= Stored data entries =
══════════════════════════════

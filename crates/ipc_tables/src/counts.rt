//! How much is kept.

ghost use Rattle.std.specs.Prelude.{◌≡◌, ◌+◌, ◌-◌, ◌^◌, ◌<◌, min, is_some, if◌then◌else◌};
ghost use Rattle.ipc_tables.specs.Objects.{queue_in, semaphore_in, messages_in, bytes_of_messages};

use crate::rows::Body;

/// How many queues and semaphores are alive, and how many messages stand in the queues, with how many bytes: 2^64 - 1 where
/// there are more.
#[derive(Clone, Copy)]
pub struct Counts {
    pub queues: u64,
    pub semaphores: u64,
    pub messages: u64,
    pub bytes: u64,
}

impl Counts {
    /// Counts one object more, with what stands in it.
    pub(crate) fn add(&mut self, body: &Body)
        requires queues { self.old.queues + (if is_some (queue_in body.now) then 1 else 0) < 2 ^ 64 }
        requires semaphores { self.old.semaphores + (if is_some (semaphore_in body.now) then 1 else 0) < 2 ^ 64 }
        ensures queues { self.new.queues ≡ self.old.queues + (if is_some (queue_in body.now) then 1 else 0) }
        ensures semaphores { self.new.semaphores ≡ self.old.semaphores + (if is_some (semaphore_in body.now) then 1 else 0) }
        ensures messages { self.new.messages ≡ min (self.old.messages + messages_in body.now) (2 ^ 64 - 1) }
        ensures bytes { self.new.bytes ≡ min (self.old.bytes + bytes_of_messages body.now) (2 ^ 64 - 1) }
    {
        match body {
            Body::Queue(queue) => {
                self.queues += 1;
                self.messages = self.messages.saturating_add(queue.len() as u64);
                self.bytes = self.bytes.saturating_add(queue.bytes());
            }
            Body::Semaphore(_) => self.semaphores += 1,
        }
    }
}
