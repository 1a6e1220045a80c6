//! The objects that are alive, and which of them a call ends.

ghost use Rattle.std.specs.Prelude.{◌≡◌, map, filter, length};
ghost use Rattle.std.specs.Option.{option_copied_mut};
ghost use Rattle.ipc_tables.specs.Objects.{HasRoom, bytes_taken, queue_at, semaphore_at, with_held, counts_of};
ghost use Rattle.ipc_tables.specs.TablesView.{is_alive, is_kept};
ghost use Rattle.ipc_tables.specs.Charging.{Covered, settled};
ghost use Rattle.ipc_tables.specs.Standing.{rows_in, IsCounted, OthersKept, OthersHeld};

use crate::counts::Counts;
use crate::rows::ObjectRow;
use ipc_containers::NumberedBoxes;
use ipc_descr::{Charges, Descrs, bytes_of};
use ipc_names::NameDir;
use ipc_queue::Queue;
use ipc_sem::Sem;
use ipc_terms::Kind;

/// The objects that are alive, by their numbers, and what their creators are charged with.
#[derive(Drop)]
pub struct Objects {
    pub rows: NumberedBoxes<ObjectRow>,
    /// How many of those that are alive are queues.
    pub queue_count: usize,
    /// How many bytes each user's queues take, and how many they may.
    pub charges: Charges,
}

impl Objects {
    ghost use Rattle.std.specs.Borrow.{sem};
    ghost use Rattle.ipc_tables.specs.Lending.{LendsQueue, LendsSemaphore};

    /// How many were ever created: the number of the next.
    pub fn created(&self) -> u64
        ensures { result ≡ length self.now.rows }
    {
        self.rows.next_number() as u64
    }

    /// The queue that the object is, while it is alive, to be changed.
    pub fn queue_mut(&mut self, object: u64) -> Option<&mut Queue>
        requires { IsCounted self.old }
        ensures* writes_back { sem 𝓛 (LendsQueue self.entry object result) }
        ensures value { option_copied_mut result ≡ queue_at (rows_in self.old) object }
    {
        self.rows.get_mut(object as usize)?.body.queue_mut()
    }

    /// The semaphore that the object is, while it is alive, to be changed.
    pub fn semaphore_mut(&mut self, object: u64) -> Option<&mut Sem>
        requires { IsCounted self.old }
        ensures* writes_back { sem 𝓛 (LendsSemaphore self.entry object result) }
        ensures value { option_copied_mut result ≡ semaphore_at (rows_in self.old) object }
    {
        self.rows.get_mut(object as usize)?.body.semaphore_mut()
    }

    /// How many queues, semaphores and messages there are, and how many bytes the messages have. Goes from each object that is
    /// alive to the next, and looks at each message.
    pub fn counts(&self) -> Counts
        ensures { result ≡ counts_of (rows_in self.now) }
    {
        let end = self.rows.next_number();
        let mut counts = Counts {
            queues: 0,
            semaphores: 0,
            messages: 0,
            bytes: 0,
        };
        let mut next = 0;
        while let Some(number) = self.rows.next_from(next) {
            let Some(row) = self.rows.get(number) else {
                unreachable!();
            };
            counts.add(&row.body);
            next = number + 1;
        }
        counts
    }

    /// Removes the object that was touched if nothing keeps it, and gives its creator back what it took.
    pub fn remove_dead(
        &mut self,
        queues: &NameDir,
        semaphores: &NameDir,
        descriptions: &Descrs,
        touched: Option<u64>,
    )
        requires counted { IsCounted self.old }
        requires others { OthersKept touched (is_kept queues.now semaphores.now descriptions.now.rows) (rows_in self.old) }
        requires covered { Covered self.old.charges (rows_in self.old) }
        ensures counted { IsCounted self.new }
        ensures rows { rows_in self.new ≡ filter (is_kept queues.now semaphores.now descriptions.now.rows) (rows_in self.old) }
        ensures charges { self.new.charges ≡ settled (is_kept queues.now semaphores.now descriptions.now.rows) (rows_in self.old) self.old.charges }
        ensures created { length self.new.rows ≡ length self.old.rows }
    {
        let Some(object) = touched else {
            return;
        };
        if is_alive(queues, semaphores, descriptions, object) {
            return;
        }
        let Some(row) = self.rows.take(object as usize) else {
            return;
        };
        self.queue_count -= usize::from(row.body.queue().is_some());
        self.charges.give_back(row.object.creator, row.bytes);
    }

    /// Takes the registration of the object that was touched back if its description is held no longer.
    pub fn release(&mut self, descriptions: &Descrs, touched: Option<u64>)
        requires counted { IsCounted self.old }
        requires others { OthersHeld touched descriptions.now.rows (rows_in self.old) }
        ensures counted { IsCounted self.new }
        ensures rows { rows_in self.new ≡ map (with_held descriptions.now.rows) (rows_in self.old) }
        ensures charges { self.new.charges ≡ self.old.charges }
        ensures created { length self.new.rows ≡ length self.old.rows }
    {
        let Some(object) = touched else {
            return;
        };
        if let Some(row) = self.rows.get_mut(object as usize) {
            release_row(row, descriptions);
        }
    }
}

/// Takes the registration back if its description is held no longer.
fn release_row(row: &mut ObjectRow, descriptions: &Descrs)
    ensures { row.new ≡ with_held descriptions.now.rows row.old }
{
    let Some(queue) = row.body.queue_mut() else {
        return;
    };
    let Some(desc) = queue.registered() else {
        return;
    };
    if descriptions.holder(desc).is_none() {
        queue.unregister(desc);
    }
}

/// Whether the object has a name, or a description gives it.
fn is_alive(queues: &NameDir, semaphores: &NameDir, descriptions: &Descrs, object: u64) -> bool
    ensures { result ≡ is_alive queues.now semaphores.now descriptions.now.rows object }
{
    queues.names_object(object) || semaphores.names_object(object) || descriptions.uses(object) > 0
}

/// How many bytes an object of the kind takes of its creator's.
pub fn bytes_taken(kind: Kind) -> u64
    requires { HasRoom kind }
    ensures { result ≡ bytes_taken kind }
{
    match kind {
        Kind::Queue(attributes) => bytes_of(attributes.maxmsg, attributes.msgsize),
        Kind::Semaphore(_) => 0,
    }
}
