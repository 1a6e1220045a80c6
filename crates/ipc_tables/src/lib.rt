//! What a server keeps so that it need not look back over all that happened: sessions, names, objects with
//! what stands in them, and descriptions. Of the user file it knows each user's limit alone, and no rule.
#![tactic(auto)]

mod counts;
mod objects;
mod rows;
mod sessions;
mod tables;

pub use counts::Counts;
pub use rows::{Body, ObjectRow, Session};
pub use tables::{Grant, Owned, Tables};
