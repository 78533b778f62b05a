// Jobs, and the commands to do them. Each call answers none where memory runs out.
ghost use Rattle.std.specs.Prelude.{◌≡◌, [], ◌∷◌, ◌++◌, IfSome, None};
ghost use Rattle.session_port.specs.Events.{job_of};
ghost use Rattle.session_port.specs.Record.{AreRising, spawned};

use analysis_host::{GlobalStateSnapshot, RowId, SnapshotParts, Versions, World};
use docs_vfs::{FileId, VfsPath};
use file_ids::FileIds;
use lsp_types::Diagnostic;
use method_table::PoolClass;
use op_board::NativePass;
use plain::{Items, Json, SharedJson, Text};
use project_model::{CheckScope, ProjectWorkspace};
use ra_config::Config;
use ra_settings::LinkedProject;
use session_port::{
    Command, DiscoverArg, DiscoverMsg, FlycheckMsg, HostEvent, Job, JobKind, JobResult, JobValue,
    TestMsg, TestOutput, TestState,
};
use small_project::workspaces_of;
use std::alloc::Global;
use std::sync::Arc;
use text_core::{Position, Range};

pub fn path(alloc: Global, text: &str) -> Option<VfsPath> {
    VfsPath::new(alloc, text).ok()?
}

/// The settings with the one workspace `/w`.
fn settings(alloc: Global) -> Option<Arc<Config>> {
    let config = Config::new(alloc, path(alloc, "/w")?, 4).ok()?;
    Arc::new(alloc, config).ok()
}

/// The project with the manifest `/a/Cargo.toml`.
fn projects(alloc: Global) -> Items<LinkedProject> {
    let mut projects = Items::new(alloc);
    if let Some(manifest) = path(alloc, "/a/Cargo.toml") {
        let _ = projects.push(LinkedProject::ProjectManifest(manifest));
    }
    projects
}

/// The one workspace of that project.
fn workspaces(alloc: Global) -> Option<Arc<Items<ProjectWorkspace>>> {
    let projects = projects(alloc);
    let workspaces = workspaces_of(alloc, projects.as_slice()).ok();
    drop(projects);
    Arc::new(alloc, workspaces?).ok()
}

/// The first revision, with one workspace.
fn snapshot(alloc: Global) -> Option<GlobalStateSnapshot> {
    let texts = World::new(alloc).ok().zip(Versions::new(alloc).ok());
    let ((world, versions), (config, workspaces)) = texts.zip(settings(alloc).zip(workspaces(
        alloc,
    )))?;
    GlobalStateSnapshot::new(SnapshotParts {
        world,
        file_ids: FileIds::new(alloc),
        versions,
        config,
        check_fixes: Arc::new(alloc, Items::new(alloc)).ok()?,
        proc_macros_loaded: false,
        workspaces,
        workspaces_version: 0,
        revision: 0,
    })
    .ok()
}

/// The files 0 and 1.
fn two_files(alloc: Global) -> Items<FileId> {
    let mut files = Items::new(alloc);
    let _ = files.push(FileId(0));
    let _ = files.push(FileId(1));
    files
}

/// The params null.
fn null_params(alloc: Global) -> Option<SharedJson> {
    SharedJson::new(alloc, Json::null()).ok()
}

/// Lists of diagnostics of two files.
fn lists(alloc: Global, pass: NativePass) -> JobKind {
    JobKind::Diagnostics {
        generation: 1,
        pass,
        files: two_files(alloc),
    }
}

/// What a job is to find out: builds; a check of two files, or one of no file; what its word says; else a request's question.
fn kind_of(alloc: Global, word: &str) -> Option<JobKind> {
    match word {
        "part" => Some(JobKind::Part {
            ticket: 1,
            part: 1,
            row: RowId(0),
            params: null_params(alloc)?,
            files: two_files(alloc),
        }),
        "syntax" => Some(lists(alloc, NativePass::Syntax)),
        "semantic" => Some(lists(alloc, NativePass::Semantic)),
        "tests" => Some(JobKind::Tests {
            files: two_files(alloc),
        }),
        "indexed" => Some(JobKind::Indexed {
            file: FileId(0),
            path: path(alloc, "/a")?,
        }),
        "scope" => Some(JobKind::CheckScope {
            file: FileId(0),
            path: path(alloc, "/a")?,
        }),
        "prime" => Some(JobKind::Prime),
        "check" => Some(JobKind::ProcMacroSources {
            files: two_files(alloc),
        }),
        "no check" => Some(JobKind::ProcMacroSources {
            files: Items::new(alloc),
        }),
        "builds" => Some(JobKind::FetchBuildData { version: 1 }),
        _ => Some(JobKind::Request {
            ticket: 1,
            row: RowId(0),
            params: null_params(alloc)?,
        }),
    }
}

/// An end of a job: its value, that it stopped at the first revision or behind it, else that it had no memory.
pub fn end_of(alloc: Global, word: &str) -> JobResult {
    match word {
        "json" => JobResult::Value(JobValue::Json(Json::null())),
        "builds" => JobResult::Value(JobValue::BuildData(Items::new(alloc))),
        "early" => JobResult::Cancelled { saw: 0 },
        "late" => JobResult::Cancelled { saw: 1 },
        _ => JobResult::NoMemory,
    }
}

/// A job of this kind on the first revision.
pub fn job_with(alloc: Global, number: u64, word: &str) -> Option<Job>
    ensures { IfSome result (λ job. job.number ≡ number) }
{
    let (kind, snapshot) = kind_of(alloc, word).zip(snapshot(alloc))?;
    Some(Job {
        number,
        class: PoolClass::Worker,
        kind,
        snapshot,
    })
}

fn add_spawn(commands: &mut Items<Command>, job: Job) -> Option<()>
    ensures { IfSome result (λ _. commands.new ≡ commands.old ++ Command.Spawn job ∷ []) }
{
    match commands.push(Command::Spawn(job)) {
        Ok(()) => Some(()),
        Err(_) => None,
    }
}

/// Adds the commands to do the jobs 7, a request's, and 9, of this kind.
fn add_jobs(alloc: Global, commands: &mut Items<Command>, word: &str) -> Option<()>
    requires { commands.old ≡ [] }
    ensures { IfSome result (λ _. AreRising 0 (spawned commands.new)) }
{
    let first = job_with(alloc, 7, "request")?;
    add_spawn(commands, first)?;
    let second = job_with(alloc, 9, word)?;
    add_spawn(commands, second)?;
    Some(())
}

/// An order of checks, of tests or of discoveries.
fn order_of(alloc: Global, word: &str) -> Option<Command>
    ensures { IfSome result (λ command. job_of command ≡ None) }
{
    match word {
        "set checks" => {
            let mut checks = Items::new(alloc);
            let _ = checks.push((0, path(alloc, "/w")?));
            Some(Command::SetChecks(checks))
        }
        "restart check" => Some(Command::RestartCheck {
            id: 0,
            scope: CheckScope::Workspace { saved: None },
        }),
        "cancel check" => Some(Command::CancelCheck(0)),
        "run tests" => Some(Command::RunTest {
            include: Some(Items::new(alloc)),
            exclude: None,
        }),
        "stop tests" => Some(Command::StopTest),
        "discover" => Some(Command::Discover(DiscoverArg::Path(path(alloc, "/a")?))),
        _ => None,
    }
}

/// One command alone.
fn alone(alloc: Global, command: Command) -> Option<Items<Command>>
    requires { job_of command ≡ None }
    ensures { IfSome result (λ commands. AreRising 0 (spawned commands)) }
{
    let mut commands = Items::new(alloc);
    match commands.push(command) {
        Ok(()) => Some(commands),
        Err(_) => {
            drop(commands);
            None
        }
    }
}

/// What is wrong at the beginning of a file.
fn diagnostic(alloc: Global) -> Option<Diagnostic> {
    let place = Position {
        line: 0,
        character: 0,
    };
    Some(Diagnostic {
        range: Range {
            start: place,
            end: place,
        },
        severity: Some(1),
        code: None,
        source: None,
        message: Text::from_str(alloc, "a").ok()?,
        related: Items::new(alloc),
    })
}

fn check_message(alloc: Global) -> Option<FlycheckMsg> {
    Some(FlycheckMsg::AddDiagnostic {
        id: 0,
        generation: 1,
        package: None,
        path: path(alloc, "/a")?,
        diagnostic: diagnostic(alloc)?,
        fix: Some(Json::null()),
    })
}

fn test_message(alloc: Global) -> Option<TestMsg> {
    let (target, name) = Text::from_str(alloc, "a")
        .ok()
        .zip(Text::from_str(alloc, "b").ok())?;
    let state = TestState::Ok;
    Some(TestMsg {
        target,
        output: TestOutput::Test { name, state },
    })
}

fn discovery_message(alloc: Global) -> Option<DiscoverMsg> {
    Some(DiscoverMsg::Finished {
        project: Json::null(),
        buildfile: Text::from_str(alloc, "a").ok()?,
    })
}

/// The list of one item.
fn list_of<T: Drop>(alloc: Global, item: T) -> Items<T> {
    let mut items = Items::new(alloc);
    let _ = items.push(item);
    items
}

/// What checks, a test run or a discovery tell.
pub fn news_of(alloc: Global, word: &str) -> Option<HostEvent> {
    match word {
        "checks" => Some(HostEvent::Flycheck(list_of(alloc, check_message(alloc)?))),
        "tests" => Some(HostEvent::TestResult(list_of(alloc, test_message(alloc)?))),
        "discovery" => Some(HostEvent::DiscoverProject(list_of(alloc, discovery_message(alloc)?))),
        _ => None,
    }
}

/// No command for `nothing`, an order of checks, tests or discoveries alone for its word, else the commands to do the jobs 7, a request's, and 9: a request's too for `jobs`, a check for `check`,
/// and the host's own for `builds`.
pub fn commands_of(alloc: Global, word: &str) -> Option<Items<Command>>
    ensures { IfSome result (λ commands. AreRising 0 (spawned commands)) }
{
    let mut commands = Items::new(alloc);
    if word == "nothing" {
        return Some(commands);
    }
    if let Some(command) = order_of(alloc, word) {
        drop(commands);
        return alone(alloc, command);
    }
    match add_jobs(alloc, &mut commands, word) {
        Some(()) => Some(commands),
        None => {
            drop(commands);
            None
        }
    }
}
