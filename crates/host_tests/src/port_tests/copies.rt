// Copies of what is ordered, and of what a loader brings.
use super::fixtures::{commands_of, news_of, path};
use plain::{Bytes, Items};
use session_port::{LoadedFile, LoaderMsg};
use std::alloc::Global;
use std::test::Fail;
use test_support::expect;

/// Whether a value can be copied.
fn copies<T: Clone + Drop>(value: T) -> bool {
    let copy = value.clone().ok();
    drop(value);
    copy.is_some()
}

fn are_commands_copied(alloc: Global, word: &str) -> Option<bool> {
    Some(copies(commands_of(alloc, word)?))
}

fn is_news_copied(alloc: Global, word: &str) -> Option<bool> {
    Some(copies(news_of(alloc, word)?))
}

fn is_message_copied(alloc: Global) -> Option<bool> {
    let (path, bytes) = path(alloc, "/a").zip(Bytes::from_slice(alloc, b"a").ok())?;
    let mut files = Items::new(alloc);
    let _ = files.push(LoadedFile {
        path,
        contents: Some(bytes),
    });
    Some(copies(LoaderMsg::Loaded { files }))
}

/// Orders: jobs of each kind, and others.
const ORDERS: &str =
    "builds, part, syntax, tests, indexed, scope, prime, check, set checks, restart check, cancel check, run tests, stop tests, discover";

/// What checks, a test run and a discovery tell.
const NEWS: &str = "checks, tests, discovery";

#[test]
fn values_are_copied(rt: HostRuntime) -> Result<(), Fail> {
    for word in ORDERS.split(", ") {
        expect(word, are_commands_copied(rt.alloc(), word) == Some(true))?;
    }
    for word in NEWS.split(", ") {
        expect(word, is_news_copied(rt.alloc(), word) == Some(true))?;
    }
    expect(
        "a message of a loader",
        is_message_copied(rt.alloc()) == Some(true),
    )
}
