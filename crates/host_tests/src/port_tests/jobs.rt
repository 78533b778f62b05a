// Jobs that run.
use super::fixtures::job_with;
use super::words::{number, result_text};
use analysis_host::{Cancel, Never};
use host_fakes::NullAnalysis;
use session_port::{Job, run_job};
use std::alloc::Global;
use std::test::Fail;
use test_support::{cut, expect_text};

/// Tells that revision 3 is there, from the poll with this number on.
#[derive(Drop)]
struct Third {
    from: u64,
    seen: bool,
    polls: u64,
}

impl Cancel for Third {
    ghost use Rattle.std.proofs.Common.{rules};
    ghost use Rattle.std.specs.Prelude.{[], None, Some, if◌then◌else◌};

    ghost key = { λ _. [] };

    ghost floor = { λ _. 2 };

    ghost held = { λ c. if c.seen then Some 3 else None };

    ghost polls = { λ c. c.polls };

    ghost above_floor = { Prim.search rules };

    fn poll(&mut self) -> Option<u64> {
        self.polls = self.polls.saturating_add(1);
        if self.polls < self.from {
            return None;
        }
        self.seen = true;
        Some(3)
    }

    fn held(&self) -> Option<u64> {
        if self.seen { Some(3) } else { None }
    }
}

/// What a job comes to where the poll with this number, and each after it, tells of a later revision. No poll has the number 0: then
/// no revision stops the job. The call claims nothing here, and runs only a job on the first revision for which the analysis is asked.
fn outcome_of(alloc: Global, job: &Job, from: u64) -> &'static str {
    if !job.kind.asks_analysis() || job.snapshot.revision() != 0 {
        return "none";
    }
    let outcome = if from == 0 {
        run_job(alloc, job, &NullAnalysis(alloc), &mut Never::new())
    } else {
        let mut third = Third {
            from,
            seen: false,
            polls: 0,
        };
        run_job(alloc, job, &NullAnalysis(alloc), &mut third)
    };
    let told = result_text(&outcome);
    drop(outcome);
    told
}

/// The same of a job of this kind. The one function that owns a job.
fn told_of(alloc: Global, word: &str, from: u64) -> &'static str {
    let Some(job) = job_with(alloc, 7, word) else {
        return "no job";
    };
    let told = outcome_of(alloc, &job, from);
    drop(job);
    told
}

/// Kinds of jobs, the polls from which on they are stopped, and what they come to. Each question polls once; a job that doesn't ask exactly
/// one polls before the first too, and behind each.
const JOBS: &str = "request, 0 > null
request, 1 > cancelled
request, 2 > null
part, 0 > null
syntax, 0 > two lists
semantic, 0 > two lists
tests, 0 > tests
indexed, 0 > roots
scope, 0 > roots
prime, 0 > primed
prime, 1 > cancelled
check, 0 > roots
check, 1 > cancelled
check, 2 > cancelled
check, 3 > cancelled
check, 4 > cancelled
check, 5 > cancelled
check, 6 > roots
no check, 0 > roots
no check, 1 > cancelled
no check, 2 > roots";

#[test]
fn jobs_run(rt: HostRuntime) -> Result<(), Fail> {
    for line in JOBS.lines() {
        let (word, rest) = cut(line, ", ");
        let (from, wanted) = cut(rest, " > ");
        expect_text(line, told_of(rt.alloc(), word, number(from)), wanted)?;
    }
    Ok(())
}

══════════════════════════════

= Task =
Lines from the top of the entries above to the line that contains "self.queues += 1;" should be set down exactly, please, with both ends kept and nothing added.

= Reply to the exercise =
filename crates/ipc_tables/src/counts.rt
//! How much is kept.

ghost use Rattle.std.specs.Prelude.{◌≡◌, ◌+◌, ◌-◌, ◌^◌, ◌<◌, min, is_some, if◌then◌else◌};
ghost use Rattle.ipc_tables.specs.Objects.{queue_in, semaphore_in, messages_in, bytes_of_messages};

use crate::rows::Body;

/// How many queues and semaphores are alive, and how many messages stand in the queues, with how many bytes: 2^64 - 1 where
/// there are more.
#[derive(Clone, Copy)]
pub struct Counts {
    pub queues: u64,
    pub semaphores: u64,
    pub messages: u64,
    pub bytes: u64,
}

impl Counts {
    /// Counts one object more, with what stands in it.
    pub(crate) fn add(&mut self, body: &Body)
        requires queues { self.old.queues + (if is_some (queue_in body.now) then 1 else 0) < 2 ^ 64 }
        requires semaphores { self.old.semaphores + (if is_some (semaphore_in body.now) then 1 else 0) < 2 ^ 64 }
        ensures queues { self.new.queues ≡ self.old.queues + (if is_some (queue_in body.now) then 1 else 0) }
        ensures semaphores { self.new.semaphores ≡ self.old.semaphores + (if is_some (semaphore_in body.now) then 1 else 0) }
        ensures messages { self.new.messages ≡ min (self.old.messages + messages_in body.now) (2 ^ 64 - 1) }
        ensures bytes { self.new.bytes ≡ min (self.old.bytes + bytes_of_messages body.now) (2 ^ 64 - 1) }
    {
        match body {
            Body::Queue(queue) => {
                self.queues += 1;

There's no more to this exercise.